- WORK TASK -
Your answer should be the lines below from the one with "self.slots.get(producer)" to the one with "it has kept.", both included, given again exactly and with nothing added.

- Dataset entries -
--

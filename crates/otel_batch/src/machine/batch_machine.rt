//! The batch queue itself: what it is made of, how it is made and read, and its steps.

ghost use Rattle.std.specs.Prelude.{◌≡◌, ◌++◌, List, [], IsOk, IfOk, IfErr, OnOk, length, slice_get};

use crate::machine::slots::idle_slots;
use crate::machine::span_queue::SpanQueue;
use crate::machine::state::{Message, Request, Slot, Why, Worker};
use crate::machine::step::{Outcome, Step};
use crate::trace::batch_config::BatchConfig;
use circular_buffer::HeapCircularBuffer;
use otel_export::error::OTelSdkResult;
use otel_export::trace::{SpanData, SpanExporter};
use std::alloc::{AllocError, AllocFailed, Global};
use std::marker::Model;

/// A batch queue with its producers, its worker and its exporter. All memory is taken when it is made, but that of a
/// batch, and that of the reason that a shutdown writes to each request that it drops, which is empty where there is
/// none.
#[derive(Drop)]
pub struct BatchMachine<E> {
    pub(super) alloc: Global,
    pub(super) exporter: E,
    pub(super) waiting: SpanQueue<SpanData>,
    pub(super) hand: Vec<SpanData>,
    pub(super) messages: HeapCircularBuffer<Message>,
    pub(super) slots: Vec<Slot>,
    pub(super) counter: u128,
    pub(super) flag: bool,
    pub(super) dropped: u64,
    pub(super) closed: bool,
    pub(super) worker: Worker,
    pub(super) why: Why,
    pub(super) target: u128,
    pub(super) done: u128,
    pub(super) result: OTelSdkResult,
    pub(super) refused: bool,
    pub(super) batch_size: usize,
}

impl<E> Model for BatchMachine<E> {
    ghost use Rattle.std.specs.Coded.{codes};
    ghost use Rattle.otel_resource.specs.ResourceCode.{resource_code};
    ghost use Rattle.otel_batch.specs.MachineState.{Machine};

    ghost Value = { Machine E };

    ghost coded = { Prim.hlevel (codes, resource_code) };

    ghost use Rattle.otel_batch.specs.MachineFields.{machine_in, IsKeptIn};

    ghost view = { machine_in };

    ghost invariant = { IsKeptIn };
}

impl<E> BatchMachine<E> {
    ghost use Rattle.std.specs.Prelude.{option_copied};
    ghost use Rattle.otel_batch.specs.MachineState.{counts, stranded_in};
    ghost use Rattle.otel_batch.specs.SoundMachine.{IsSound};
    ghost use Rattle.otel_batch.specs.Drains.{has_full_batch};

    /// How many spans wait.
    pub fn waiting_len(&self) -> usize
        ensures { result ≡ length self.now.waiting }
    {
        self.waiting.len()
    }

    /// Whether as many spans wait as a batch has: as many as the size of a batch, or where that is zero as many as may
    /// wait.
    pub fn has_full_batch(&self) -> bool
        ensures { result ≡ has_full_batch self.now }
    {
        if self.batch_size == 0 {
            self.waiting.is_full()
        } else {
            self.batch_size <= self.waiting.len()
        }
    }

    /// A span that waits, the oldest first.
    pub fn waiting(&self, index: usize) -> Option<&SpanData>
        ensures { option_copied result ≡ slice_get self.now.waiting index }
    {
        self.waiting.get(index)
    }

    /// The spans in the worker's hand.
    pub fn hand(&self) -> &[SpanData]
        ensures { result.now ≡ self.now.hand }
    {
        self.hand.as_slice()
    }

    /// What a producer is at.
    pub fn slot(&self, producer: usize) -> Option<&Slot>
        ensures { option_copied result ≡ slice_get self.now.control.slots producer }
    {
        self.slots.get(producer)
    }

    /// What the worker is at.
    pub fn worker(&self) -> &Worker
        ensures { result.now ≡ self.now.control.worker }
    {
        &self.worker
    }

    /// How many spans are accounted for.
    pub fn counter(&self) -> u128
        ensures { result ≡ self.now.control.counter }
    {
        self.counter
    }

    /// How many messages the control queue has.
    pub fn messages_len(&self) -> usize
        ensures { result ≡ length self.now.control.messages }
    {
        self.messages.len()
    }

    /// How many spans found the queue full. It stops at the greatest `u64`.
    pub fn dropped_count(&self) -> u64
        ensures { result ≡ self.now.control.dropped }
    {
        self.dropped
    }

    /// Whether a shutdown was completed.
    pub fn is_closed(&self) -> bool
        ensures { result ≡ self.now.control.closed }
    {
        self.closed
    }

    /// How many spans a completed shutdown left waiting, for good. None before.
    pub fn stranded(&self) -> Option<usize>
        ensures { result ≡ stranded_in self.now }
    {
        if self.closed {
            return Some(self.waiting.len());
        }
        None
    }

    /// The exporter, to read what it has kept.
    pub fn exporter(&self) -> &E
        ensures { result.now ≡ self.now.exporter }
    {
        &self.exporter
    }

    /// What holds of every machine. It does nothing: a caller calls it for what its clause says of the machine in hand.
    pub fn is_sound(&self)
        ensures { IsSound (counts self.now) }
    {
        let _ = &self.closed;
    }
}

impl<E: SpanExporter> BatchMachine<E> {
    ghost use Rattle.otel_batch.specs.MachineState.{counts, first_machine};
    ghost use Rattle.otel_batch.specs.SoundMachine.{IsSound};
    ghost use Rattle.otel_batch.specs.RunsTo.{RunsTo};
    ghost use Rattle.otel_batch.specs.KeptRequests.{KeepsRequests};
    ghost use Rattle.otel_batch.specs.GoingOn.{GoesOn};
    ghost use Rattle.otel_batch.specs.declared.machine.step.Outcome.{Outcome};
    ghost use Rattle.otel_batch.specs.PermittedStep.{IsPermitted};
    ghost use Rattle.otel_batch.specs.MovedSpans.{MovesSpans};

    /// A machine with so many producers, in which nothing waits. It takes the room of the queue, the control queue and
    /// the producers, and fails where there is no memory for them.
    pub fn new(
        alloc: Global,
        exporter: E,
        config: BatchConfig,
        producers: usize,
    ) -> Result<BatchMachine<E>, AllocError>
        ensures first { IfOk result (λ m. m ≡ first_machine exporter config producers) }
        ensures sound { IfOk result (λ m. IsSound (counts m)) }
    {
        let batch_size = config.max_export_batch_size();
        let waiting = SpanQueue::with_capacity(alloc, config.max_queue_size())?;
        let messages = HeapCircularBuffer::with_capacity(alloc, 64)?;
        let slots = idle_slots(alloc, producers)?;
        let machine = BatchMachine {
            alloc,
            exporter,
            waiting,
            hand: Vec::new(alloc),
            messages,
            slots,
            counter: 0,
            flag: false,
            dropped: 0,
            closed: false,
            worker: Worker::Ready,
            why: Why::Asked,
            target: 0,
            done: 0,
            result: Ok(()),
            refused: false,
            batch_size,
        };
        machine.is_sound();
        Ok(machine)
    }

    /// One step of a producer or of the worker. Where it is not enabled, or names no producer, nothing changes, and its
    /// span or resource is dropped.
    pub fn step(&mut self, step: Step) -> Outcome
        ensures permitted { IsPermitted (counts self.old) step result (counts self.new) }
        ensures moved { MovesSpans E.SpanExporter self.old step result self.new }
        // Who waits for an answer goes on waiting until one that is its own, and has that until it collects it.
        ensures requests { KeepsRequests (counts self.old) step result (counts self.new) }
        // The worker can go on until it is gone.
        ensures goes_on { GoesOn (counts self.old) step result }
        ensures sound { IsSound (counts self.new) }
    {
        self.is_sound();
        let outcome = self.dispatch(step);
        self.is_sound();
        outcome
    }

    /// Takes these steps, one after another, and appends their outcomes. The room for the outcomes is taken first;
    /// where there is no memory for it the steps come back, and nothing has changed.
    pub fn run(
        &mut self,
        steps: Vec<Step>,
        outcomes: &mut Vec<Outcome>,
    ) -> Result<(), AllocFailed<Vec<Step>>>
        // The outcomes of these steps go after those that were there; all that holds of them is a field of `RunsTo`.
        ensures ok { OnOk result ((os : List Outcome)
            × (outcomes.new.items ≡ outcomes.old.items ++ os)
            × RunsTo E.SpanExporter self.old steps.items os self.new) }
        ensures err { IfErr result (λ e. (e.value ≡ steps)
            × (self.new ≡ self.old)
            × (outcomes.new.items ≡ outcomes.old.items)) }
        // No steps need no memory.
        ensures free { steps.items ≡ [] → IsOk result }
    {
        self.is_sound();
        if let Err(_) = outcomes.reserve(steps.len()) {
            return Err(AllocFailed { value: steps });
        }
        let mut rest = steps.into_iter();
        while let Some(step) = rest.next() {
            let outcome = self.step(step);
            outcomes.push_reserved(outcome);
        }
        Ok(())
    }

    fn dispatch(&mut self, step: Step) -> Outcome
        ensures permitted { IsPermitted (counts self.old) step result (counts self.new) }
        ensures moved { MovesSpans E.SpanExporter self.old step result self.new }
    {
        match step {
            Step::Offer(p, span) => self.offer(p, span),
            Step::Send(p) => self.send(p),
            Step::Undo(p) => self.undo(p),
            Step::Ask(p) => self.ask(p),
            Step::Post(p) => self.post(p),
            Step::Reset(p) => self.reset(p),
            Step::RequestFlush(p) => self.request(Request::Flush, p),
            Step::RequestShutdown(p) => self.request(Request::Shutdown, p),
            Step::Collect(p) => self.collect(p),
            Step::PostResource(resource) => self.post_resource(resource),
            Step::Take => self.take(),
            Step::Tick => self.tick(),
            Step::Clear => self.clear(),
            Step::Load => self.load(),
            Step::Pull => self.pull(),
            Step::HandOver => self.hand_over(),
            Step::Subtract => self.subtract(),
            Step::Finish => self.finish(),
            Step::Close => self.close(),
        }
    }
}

--

- EXPECTED ANSWER -
        self.slots.get(producer)
    }

    /// What the worker is at.
    pub fn worker(&self) -> &Worker
        ensures { result.now ≡ self.now.control.worker }
    {
        &self.worker
    }

    /// How many spans are accounted for.
    pub fn counter(&self) -> u128
        ensures { result ≡ self.now.control.counter }
    {
        self.counter
    }

    /// How many messages the control queue has.
    pub fn messages_len(&self) -> usize
        ensures { result ≡ length self.now.control.messages }
    {
        self.messages.len()
    }

    /// How many spans found the queue full. It stops at the greatest `u64`.
    pub fn dropped_count(&self) -> u64
        ensures { result ≡ self.now.control.dropped }
    {
        self.dropped
    }

    /// Whether a shutdown was completed.
    pub fn is_closed(&self) -> bool
        ensures { result ≡ self.now.control.closed }
    {
        self.closed
    }

    /// How many spans a completed shutdown left waiting, for good. None before.
    pub fn stranded(&self) -> Option<usize>
        ensures { result ≡ stranded_in self.now }
    {
        if self.closed {
            return Some(self.waiting.len());
        }
        None
    }

    /// The exporter, to read what it has kept.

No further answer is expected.